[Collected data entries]
* * * * * * * * *

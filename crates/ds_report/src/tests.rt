use crate::{Fault, fault_line, render};
use ds_ast::{Bytes, List, Name};
use ds_check::TypeFault;
use ds_core::{RunRecord, Stops, Traces};
use ds_plain::{Place, Stop, Trap, TrapKind};
use ds_step::{Event, FullWhat, OpKind, Step, WordOp};
use std::alloc::{AllocError, Global};
use std::test::Fail;

/// The names of two functions.
fn functions(alloc: Global) -> Result<List<Name>, AllocError> {
    let mut names = List::new(alloc);
    names.push(Name::Text(Bytes::from_vec(Vec::from_slice(alloc, b"f")?)))?;
    names.push(Name::Number(0))?;
    Ok(names)
}

/// A step with this event.
fn step(event: Event) -> Step {
    let op = WordOp {
        kind: OpKind::Load,
        word: 0,
        a: 0,
        b: 0,
    };
    Step {
        op,
        old: 0,
        row: 1,
        event,
    }
}

/// The traces of 16 threads, the second with some events.
fn traces(alloc: Global) -> Result<Traces, AllocError> {
    let mut traces = Traces::of_threads(alloc, 16)?;
    let events = [
        Event::Begin,
        Event::Log,
        Event::Store {
            loc: 4096,
            value: 255,
        },
        Event::Noted {
            place: 8,
            life: 7,
            loc: 2,
        },
        Event::Print {
            number: 0,
            value: 0xffff_ffff_ffff_fff9,
        },
        Event::End,
    ];
    for event in events {
        traces.push(1, step(event))?;
    }
    Ok(traces)
}

#[test]
fn reports_a_run_with_its_trace(rt: HostRuntime) -> Result<(), Fail> {
    let alloc = rt.alloc();
    let mut stops = vec![in alloc; Stop::Idle; 16]?;
    let place = Place {
        function: 1,
        instruction: 3,
    };
    let kind = TrapKind::UseAfterFree {
        address: 0x8000_0000_0100_0040,
    };
    stops[0] = Stop::Returned(Some(0xffff_ffff));
    stops[1] = Stop::Trap(Trap { place, kind });
    stops[2] = Stop::Full(place, FullWhat::Logs);
    stops[3] = Stop::Fuel;
    let run = RunRecord {
        stops: Stops::new(stops),
        traces: traces(alloc)?,
        order: None,
    };
    let text = render(alloc, functions(alloc)?.as_slice(), &run, true)?;
    let want: &[u8] = b"-7
1 begin
1 store 0x100000 0xff
1 noted 0x1010 7
1 print -7
1 end
trap thread 1 in @0 instruction 3: use after free at 0x8000000001000040
full thread 2 in @0 instruction 3: logs
fuel thread 3
main returned -1; prints 1 mallocs 0 frees 0 notes 1 marks 0 traps 1\n";
    assert_eq!(rt; text.as_slice(), want);
    Ok(())
}

#[test]
fn tells_a_fault(rt: HostRuntime) -> Result<(), Fail> {
    let alloc = rt.alloc();
    let fault = Fault::Check(TypeFault::BadPhi { f: 0, i: 10 }, functions(alloc)?);
    let line = fault_line(alloc, &fault)?;
    assert_eq!(rt;
        line.as_slice(),
        b"error: bad phi in @f instruction 10\n".as_slice()
    );
    Ok(())
}
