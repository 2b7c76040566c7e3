//! What the program writes: the report of a run, and the line of a fault.
#![tactic(auto)]

mod counts;
mod fault;
mod prints;
mod report;
mod stop;
#[cfg(test)]
mod tests;
mod text;
mod trace;

pub use counts::Tally;
pub use fault::{Fault, fault_line};
pub use prints::Print;
pub use report::render;
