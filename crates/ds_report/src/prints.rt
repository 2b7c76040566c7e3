//! The prints of a run, in the order of their numbers.

ghost use Rattle.std.specs.Prelude.{◌≡◌, ◌++◌, OnOk, IfOk};
ghost use Rattle.ds_report.specs.Prints.{prints_by, prints_in, all_prints, IsInOrder};

use ds_core::Steps;
use ds_step::{Event, Step};
use std::alloc::{AllocError, Global};

/// One print: its number over all threads, and the 64 bits of the signed value.
#[derive(Clone, Copy, Debug, PartialEq, Eq)]
pub struct Print {
    pub number: u64,
    pub value: u64,
}

/// Adds the print that an event is, if it is one.
fn push_print(prints: &mut Vec<Print>, event: Event) -> Result<(), AllocError>
    ensures { OnOk result (prints.new.items ≡ prints.old.items ++ prints_by event) }
{
    if let Event::Print { number, value } = event {
        prints.push(Print { number, value })?;
    }
    Ok(())
}

/// Adds the prints of one trace.
fn push_prints(prints: &mut Vec<Print>, steps: &[Step]) -> Result<(), AllocError>
    ensures { OnOk result (prints.new.items ≡ prints.old.items ++ prints_in steps.now) }
{
    for step in steps {
        push_print(prints, step.event)?;
    }
    Ok(())
}

/// The prints of all traces, thread by thread.
fn gathered(alloc: Global, traces: &[Steps]) -> Result<Vec<Print>, AllocError>
    ensures { IfOk result (λ prints. prints.items ≡ all_prints traces.now) }
{
    let mut prints = Vec::new(alloc);
    for steps in traces {
        push_prints(&mut prints, steps.as_slice())?;
    }
    Ok(prints)
}

/// The prints of all traces, in the order of their numbers.
pub fn in_order(alloc: Global, traces: &[Steps]) -> Result<Vec<Print>, AllocError>
    ensures { IfOk result (λ prints. IsInOrder (all_prints traces.now) prints.items) }
{
    let mut prints = gathered(alloc, traces)?;
    prints.sort_unstable_by_key(|print| print.number);
    Ok(prints)
}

* * * * * * * * *

DESCRIPTION OF THE TASK -
In the data above, find the line with "let mut names = List::new(alloc);" and the line with "fuel thread 3". Retype both, plus every line between them, exactly.

SOLUTION TO THIS TASK -
    let mut names = List::new(alloc);
    names.push(Name::Text(Bytes::from_vec(Vec::from_slice(alloc, b"f")?)))?;
    names.push(Name::Number(0))?;
    Ok(names)
}

/// A step with this event.
fn step(event: Event) -> Step {
    let op = WordOp {
        kind: OpKind::Load,
        word: 0,
        a: 0,
        b: 0,
    };
    Step {
        op,
        old: 0,
        row: 1,
        event,
    }
}

/// The traces of 16 threads, the second with some events.
fn traces(alloc: Global) -> Result<Traces, AllocError> {
    let mut traces = Traces::of_threads(alloc, 16)?;
    let events = [
        Event::Begin,
        Event::Log,
        Event::Store {
            loc: 4096,
            value: 255,
        },
        Event::Noted {
            place: 8,
            life: 7,
            loc: 2,
        },
        Event::Print {
            number: 0,
            value: 0xffff_ffff_ffff_fff9,
        },
        Event::End,
    ];
    for event in events {
        traces.push(1, step(event))?;
    }
    Ok(traces)
}

#[test]
fn reports_a_run_with_its_trace(rt: HostRuntime) -> Result<(), Fail> {
    let alloc = rt.alloc();
    let mut stops = vec![in alloc; Stop::Idle; 16]?;
    let place = Place {
        function: 1,
        instruction: 3,
    };
    let kind = TrapKind::UseAfterFree {
        address: 0x8000_0000_0100_0040,
    };
    stops[0] = Stop::Returned(Some(0xffff_ffff));
    stops[1] = Stop::Trap(Trap { place, kind });
    stops[2] = Stop::Full(place, FullWhat::Logs);
    stops[3] = Stop::Fuel;
    let run = RunRecord {
        stops: Stops::new(stops),
        traces: traces(alloc)?,
        order: None,
    };
    let text = render(alloc, functions(alloc)?.as_slice(), &run, true)?;
    let want: &[u8] = b"-7
1 begin
1 store 0x100000 0xff
1 noted 0x1010 7
1 print -7
1 end
trap thread 1 in @0 instruction 3: use after free at 0x8000000001000040
full thread 2 in @0 instruction 3: logs
fuel thread 3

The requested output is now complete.